[Stored data]
◇ ◇ ◇ ◇ ◇ ◇ ◇

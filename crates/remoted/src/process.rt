//! What this process was given: its streams, the words of its command line, and its signals.

use std::io::{self, ErrorKind, Write};
use std::{fs, str};

/// How many descriptors are streams of the process: standard input, output and error.
const STREAMS: i32 = 3;

/// What is opened where one of them is closed.
const NOTHING: &[u8] = b"/dev/null";

/// The most bytes of a word of a command line, as execve(2) has it.
const WORD_LIMIT: usize = 131_072;

/// Opens each stream that is closed, so that what is opened later, as a client's connection, is
/// never one of them. It is called before anything else is opened.
pub fn open_streams() -> io::Result<()> {
    for stream in 0..STREAMS {
        let is_closed = libc::isatty(stream) == 0 && os::errno() == libc::EBADF;
        // The system gives the lowest number that is free, and those below are open.
        if is_closed && os::open_update(NOTHING) < 0 {
            return Err(io::Error::from_raw_os_error(os::errno()));
        }
    }
    Ok(())
}

/// Whether standard input is a terminal.
pub fn reads_terminal() -> bool {
    libc::isatty(0) == 1
}

/// The words of the command line. Where one is not UTF-8, that is told, and there is no answer.
pub fn words_of<E: Write>(rt: &HostRuntime, errors: &mut E) -> io::Result<Option<Vec<String>>> {
    match std::env::args(rt) {
        Ok(words) => Ok(Some(words.collect(rt.alloc())?)),
        Err(error) if error.kind() == ErrorKind::InvalidData => {
            let place = odd_word(rt)?;
            writeln!(
                errors,
                "remoted: word {place} of the command line is not UTF-8"
            )?;
            Ok(None)
        }
        Err(error) => Err(error),
    }
}

/// Which word is the first that is not UTF-8, where the program's name is number 0.
fn odd_word(rt: &HostRuntime) -> io::Result<usize> {
    let mut room = vec![in rt.alloc(); 0u8; WORD_LIMIT]?;
    for place in 0..os::arg_count() {
        if !is_text(place, &mut room) {
            return Ok(place);
        }
    }
    Ok(os::arg_count())
}

/// Whether the word at a place is UTF-8. There is room for it.
fn is_text(place: usize, room: &mut [u8]) -> bool {
    let length = os::arg(place, room);
    str::from_utf8(&room[..length]).is_ok()
}

/// What the system tells of this process, if it does.
pub fn status(rt: &HostRuntime) -> Option<String> {
    fs::read_to_string(rt, "/proc/self/status").ok()
}

/// The milliseconds of processor time that this process has used, if the system tells.
pub fn processor_milliseconds() -> Option<u64> {
    let mut time = libc::types::timespec {
        tv_sec: 0,
        tv_nsec: 0,
    };
    if libc::clock_gettime(libc::CLOCK_PROCESS_CPUTIME_ID, &mut time) != 0 {
        return None;
    }
    let seconds = u64::try_from(time.tv_sec).ok()?;
    let nanoseconds = u64::try_from(time.tv_nsec).ok()?;
    seconds
        .checked_mul(1000)?
        .checked_add(nanoseconds / 1_000_000)
}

◇ ◇ ◇ ◇ ◇ ◇ ◇

- **Task brief**
Write out the records shown above, exactly as they appear.

- **Output of the exercise**
filename crates/remoted/src/process.rt
//! What this process was given: its streams, the words of its command line, and its signals.

use std::io::{self, ErrorKind, Write};
use std::{fs, str};

/// How many descriptors are streams of the process: standard input, output and error.
const STREAMS: i32 = 3;

/// What is opened where one of them is closed.
const NOTHING: &[u8] = b"/dev/null";

/// The most bytes of a word of a command line, as execve(2) has it.
const WORD_LIMIT: usize = 131_072;

/// Opens each stream that is closed, so that what is opened later, as a client's connection, is
/// never one of them. It is called before anything else is opened.
pub fn open_streams() -> io::Result<()> {
    for stream in 0..STREAMS {
        let is_closed = libc::isatty(stream) == 0 && os::errno() == libc::EBADF;
        // The system gives the lowest number that is free, and those below are open.
        if is_closed && os::open_update(NOTHING) < 0 {
            return Err(io::Error::from_raw_os_error(os::errno()));
        }
    }
    Ok(())
}

/// Whether standard input is a terminal.
pub fn reads_terminal() -> bool {
    libc::isatty(0) == 1
}

/// The words of the command line. Where one is not UTF-8, that is told, and there is no answer.
pub fn words_of<E: Write>(rt: &HostRuntime, errors: &mut E) -> io::Result<Option<Vec<String>>> {
    match std::env::args(rt) {
        Ok(words) => Ok(Some(words.collect(rt.alloc())?)),
        Err(error) if error.kind() == ErrorKind::InvalidData => {
            let place = odd_word(rt)?;
            writeln!(
                errors,
                "remoted: word {place} of the command line is not UTF-8"
            )?;
            Ok(None)
        }
        Err(error) => Err(error),
    }
}

/// Which word is the first that is not UTF-8, where the program's name is number 0.
fn odd_word(rt: &HostRuntime) -> io::Result<usize> {
    let mut room = vec![in rt.alloc(); 0u8; WORD_LIMIT]?;
    for place in 0..os::arg_count() {
        if !is_text(place, &mut room) {
            return Ok(place);
        }
    }
    Ok(os::arg_count())
}

/// Whether the word at a place is UTF-8. There is room for it.
fn is_text(place: usize, room: &mut [u8]) -> bool {
    let length = os::arg(place, room);
    str::from_utf8(&room[..length]).is_ok()
}

/// What the system tells of this process, if it does.
pub fn status(rt: &HostRuntime) -> Option<String> {
    fs::read_to_string(rt, "/proc/self/status").ok()
}

/// The milliseconds of processor time that this process has used, if the system tells.
pub fn processor_milliseconds() -> Option<u64> {
    let mut time = libc::types::timespec {
        tv_sec: 0,
        tv_nsec: 0,
    };
    if libc::clock_gettime(libc::CLOCK_PROCESS_CPUTIME_ID, &mut time) != 0 {
        return None;
    }
    let seconds = u64::try_from(time.tv_sec).ok()?;
    let nanoseconds = u64::try_from(time.tv_nsec).ok()?;
    seconds
        .checked_mul(1000)?
        .checked_add(nanoseconds / 1_000_000)
}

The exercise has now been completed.